§ **TASK PROMPT**
For the entries below, print exactly the lines between the line holding "filename crates/ir_values/src/name.rt" and the line holding "result.now ≡ name_text", inclusive, and nothing else.

§ **INPUT MATERIAL**
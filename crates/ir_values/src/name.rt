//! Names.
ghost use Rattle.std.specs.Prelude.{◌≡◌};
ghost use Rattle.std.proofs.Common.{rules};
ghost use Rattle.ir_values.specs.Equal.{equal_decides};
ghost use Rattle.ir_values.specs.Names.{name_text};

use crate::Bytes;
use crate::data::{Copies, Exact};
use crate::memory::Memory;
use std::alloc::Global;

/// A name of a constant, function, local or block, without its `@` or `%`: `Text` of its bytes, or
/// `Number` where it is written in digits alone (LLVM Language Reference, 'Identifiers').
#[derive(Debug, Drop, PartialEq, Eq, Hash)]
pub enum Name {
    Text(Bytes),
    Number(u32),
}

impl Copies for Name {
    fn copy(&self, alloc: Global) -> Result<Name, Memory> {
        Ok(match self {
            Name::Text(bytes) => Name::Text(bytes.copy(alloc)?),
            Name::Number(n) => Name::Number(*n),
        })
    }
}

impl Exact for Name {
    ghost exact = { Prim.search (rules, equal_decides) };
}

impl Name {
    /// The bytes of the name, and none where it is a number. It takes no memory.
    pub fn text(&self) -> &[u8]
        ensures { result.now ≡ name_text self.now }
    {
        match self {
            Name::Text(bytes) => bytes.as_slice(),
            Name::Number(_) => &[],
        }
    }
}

* * *

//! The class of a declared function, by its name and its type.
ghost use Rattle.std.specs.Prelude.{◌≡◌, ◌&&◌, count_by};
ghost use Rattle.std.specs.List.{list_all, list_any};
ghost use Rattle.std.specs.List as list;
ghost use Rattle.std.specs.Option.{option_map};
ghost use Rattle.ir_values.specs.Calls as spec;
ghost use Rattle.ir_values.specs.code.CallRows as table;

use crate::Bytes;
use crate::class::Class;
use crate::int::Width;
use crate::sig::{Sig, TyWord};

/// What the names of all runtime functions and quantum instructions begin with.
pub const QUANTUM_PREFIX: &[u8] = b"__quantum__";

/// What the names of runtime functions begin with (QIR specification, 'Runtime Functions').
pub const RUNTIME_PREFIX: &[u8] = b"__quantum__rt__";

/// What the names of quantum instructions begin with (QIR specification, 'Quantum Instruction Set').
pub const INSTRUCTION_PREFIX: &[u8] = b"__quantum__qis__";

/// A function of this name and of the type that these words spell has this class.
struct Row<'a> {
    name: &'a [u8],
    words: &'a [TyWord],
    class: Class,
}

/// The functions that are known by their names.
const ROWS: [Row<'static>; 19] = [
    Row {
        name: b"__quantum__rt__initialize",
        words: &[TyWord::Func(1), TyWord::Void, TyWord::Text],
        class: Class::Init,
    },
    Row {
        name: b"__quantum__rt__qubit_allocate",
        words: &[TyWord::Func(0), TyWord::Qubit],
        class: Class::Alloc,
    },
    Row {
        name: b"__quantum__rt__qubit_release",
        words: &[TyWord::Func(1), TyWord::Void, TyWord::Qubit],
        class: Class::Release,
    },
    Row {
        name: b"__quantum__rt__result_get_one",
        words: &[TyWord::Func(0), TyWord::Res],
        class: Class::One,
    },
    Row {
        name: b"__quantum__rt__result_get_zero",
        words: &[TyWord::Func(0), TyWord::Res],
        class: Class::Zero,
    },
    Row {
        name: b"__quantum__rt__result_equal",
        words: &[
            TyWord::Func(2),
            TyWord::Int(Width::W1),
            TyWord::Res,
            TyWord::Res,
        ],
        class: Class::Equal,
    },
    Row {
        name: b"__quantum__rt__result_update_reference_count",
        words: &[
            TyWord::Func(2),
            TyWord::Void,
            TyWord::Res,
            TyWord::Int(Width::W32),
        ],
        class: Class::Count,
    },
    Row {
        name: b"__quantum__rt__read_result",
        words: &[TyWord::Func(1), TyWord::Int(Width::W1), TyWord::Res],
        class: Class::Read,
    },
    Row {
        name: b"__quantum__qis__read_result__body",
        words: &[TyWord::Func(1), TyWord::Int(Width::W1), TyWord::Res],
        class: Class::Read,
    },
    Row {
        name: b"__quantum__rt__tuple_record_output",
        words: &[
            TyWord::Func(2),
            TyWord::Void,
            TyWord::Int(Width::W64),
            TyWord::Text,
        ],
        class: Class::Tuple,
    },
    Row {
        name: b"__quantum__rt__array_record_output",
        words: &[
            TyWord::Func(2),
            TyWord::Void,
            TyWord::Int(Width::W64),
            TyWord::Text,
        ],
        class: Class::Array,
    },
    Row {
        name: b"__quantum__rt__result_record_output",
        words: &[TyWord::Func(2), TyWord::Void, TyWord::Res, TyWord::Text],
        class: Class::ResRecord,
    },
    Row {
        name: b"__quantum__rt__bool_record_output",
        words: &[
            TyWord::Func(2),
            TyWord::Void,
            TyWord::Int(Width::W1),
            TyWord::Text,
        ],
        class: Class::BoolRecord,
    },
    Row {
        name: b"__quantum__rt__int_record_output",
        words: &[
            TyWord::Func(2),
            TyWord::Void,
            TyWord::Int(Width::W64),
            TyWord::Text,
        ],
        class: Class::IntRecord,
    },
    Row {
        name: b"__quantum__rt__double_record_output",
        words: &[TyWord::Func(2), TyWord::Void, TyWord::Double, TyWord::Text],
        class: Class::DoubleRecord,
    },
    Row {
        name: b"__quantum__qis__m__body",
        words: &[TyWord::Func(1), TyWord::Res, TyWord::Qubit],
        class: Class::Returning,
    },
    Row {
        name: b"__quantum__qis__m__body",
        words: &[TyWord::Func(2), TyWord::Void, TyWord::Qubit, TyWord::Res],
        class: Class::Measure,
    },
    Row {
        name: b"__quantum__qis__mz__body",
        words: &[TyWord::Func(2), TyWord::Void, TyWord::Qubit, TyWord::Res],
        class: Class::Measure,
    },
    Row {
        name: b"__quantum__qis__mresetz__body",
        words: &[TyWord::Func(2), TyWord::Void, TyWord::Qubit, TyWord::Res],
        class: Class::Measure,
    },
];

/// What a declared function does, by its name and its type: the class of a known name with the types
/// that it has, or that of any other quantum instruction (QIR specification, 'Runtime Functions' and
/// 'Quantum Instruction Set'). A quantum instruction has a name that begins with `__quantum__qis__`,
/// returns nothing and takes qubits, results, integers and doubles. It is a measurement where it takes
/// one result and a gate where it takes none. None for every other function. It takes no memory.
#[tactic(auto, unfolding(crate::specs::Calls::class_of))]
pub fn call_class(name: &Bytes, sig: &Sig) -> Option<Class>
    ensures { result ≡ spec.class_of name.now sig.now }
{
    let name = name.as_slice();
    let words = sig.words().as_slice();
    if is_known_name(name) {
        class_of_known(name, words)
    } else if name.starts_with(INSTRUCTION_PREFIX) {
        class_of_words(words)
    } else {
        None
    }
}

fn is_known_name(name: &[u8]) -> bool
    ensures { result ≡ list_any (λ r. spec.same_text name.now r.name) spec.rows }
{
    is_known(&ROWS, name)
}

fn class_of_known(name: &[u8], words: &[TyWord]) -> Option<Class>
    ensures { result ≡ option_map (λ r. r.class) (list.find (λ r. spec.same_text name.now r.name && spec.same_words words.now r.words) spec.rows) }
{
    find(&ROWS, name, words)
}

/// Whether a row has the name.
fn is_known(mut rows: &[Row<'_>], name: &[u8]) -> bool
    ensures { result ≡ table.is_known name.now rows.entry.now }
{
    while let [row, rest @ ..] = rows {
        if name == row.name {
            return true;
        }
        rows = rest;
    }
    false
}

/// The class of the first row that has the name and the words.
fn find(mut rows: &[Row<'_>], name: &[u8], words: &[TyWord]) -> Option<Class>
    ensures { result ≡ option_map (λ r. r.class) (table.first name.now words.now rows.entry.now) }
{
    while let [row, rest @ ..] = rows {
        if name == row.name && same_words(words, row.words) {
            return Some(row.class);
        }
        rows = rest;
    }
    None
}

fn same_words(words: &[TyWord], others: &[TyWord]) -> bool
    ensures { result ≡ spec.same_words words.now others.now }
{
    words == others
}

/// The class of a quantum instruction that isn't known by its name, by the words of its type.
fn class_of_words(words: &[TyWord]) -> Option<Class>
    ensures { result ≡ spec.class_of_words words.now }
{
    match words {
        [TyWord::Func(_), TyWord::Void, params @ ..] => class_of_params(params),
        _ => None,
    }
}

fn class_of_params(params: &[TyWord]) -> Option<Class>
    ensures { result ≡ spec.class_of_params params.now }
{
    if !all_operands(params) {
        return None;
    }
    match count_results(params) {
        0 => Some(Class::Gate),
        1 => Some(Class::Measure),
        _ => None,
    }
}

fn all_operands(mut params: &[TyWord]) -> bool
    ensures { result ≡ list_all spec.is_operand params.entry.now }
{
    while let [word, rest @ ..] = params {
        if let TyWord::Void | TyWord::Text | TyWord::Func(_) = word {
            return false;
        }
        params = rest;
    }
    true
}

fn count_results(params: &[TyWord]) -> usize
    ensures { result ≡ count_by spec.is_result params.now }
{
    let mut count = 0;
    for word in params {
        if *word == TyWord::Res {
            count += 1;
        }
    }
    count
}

§ **ANSWER FOR THIS EXERCISE**
filename crates/ir_values/src/name.rt
//! Names.
ghost use Rattle.std.specs.Prelude.{◌≡◌};
ghost use Rattle.std.proofs.Common.{rules};
ghost use Rattle.ir_values.specs.Equal.{equal_decides};
ghost use Rattle.ir_values.specs.Names.{name_text};

use crate::Bytes;
use crate::data::{Copies, Exact};
use crate::memory::Memory;
use std::alloc::Global;

/// A name of a constant, function, local or block, without its `@` or `%`: `Text` of its bytes, or
/// `Number` where it is written in digits alone (LLVM Language Reference, 'Identifiers').
#[derive(Debug, Drop, PartialEq, Eq, Hash)]
pub enum Name {
    Text(Bytes),
    Number(u32),
}

impl Copies for Name {
    fn copy(&self, alloc: Global) -> Result<Name, Memory> {
        Ok(match self {
            Name::Text(bytes) => Name::Text(bytes.copy(alloc)?),
            Name::Number(n) => Name::Number(*n),
        })
    }
}

impl Exact for Name {
    ghost exact = { Prim.search (rules, equal_decides) };
}

impl Name {
    /// The bytes of the name, and none where it is a number. It takes no memory.
    pub fn text(&self) -> &[u8]
        ensures { result.now ≡ name_text self.now }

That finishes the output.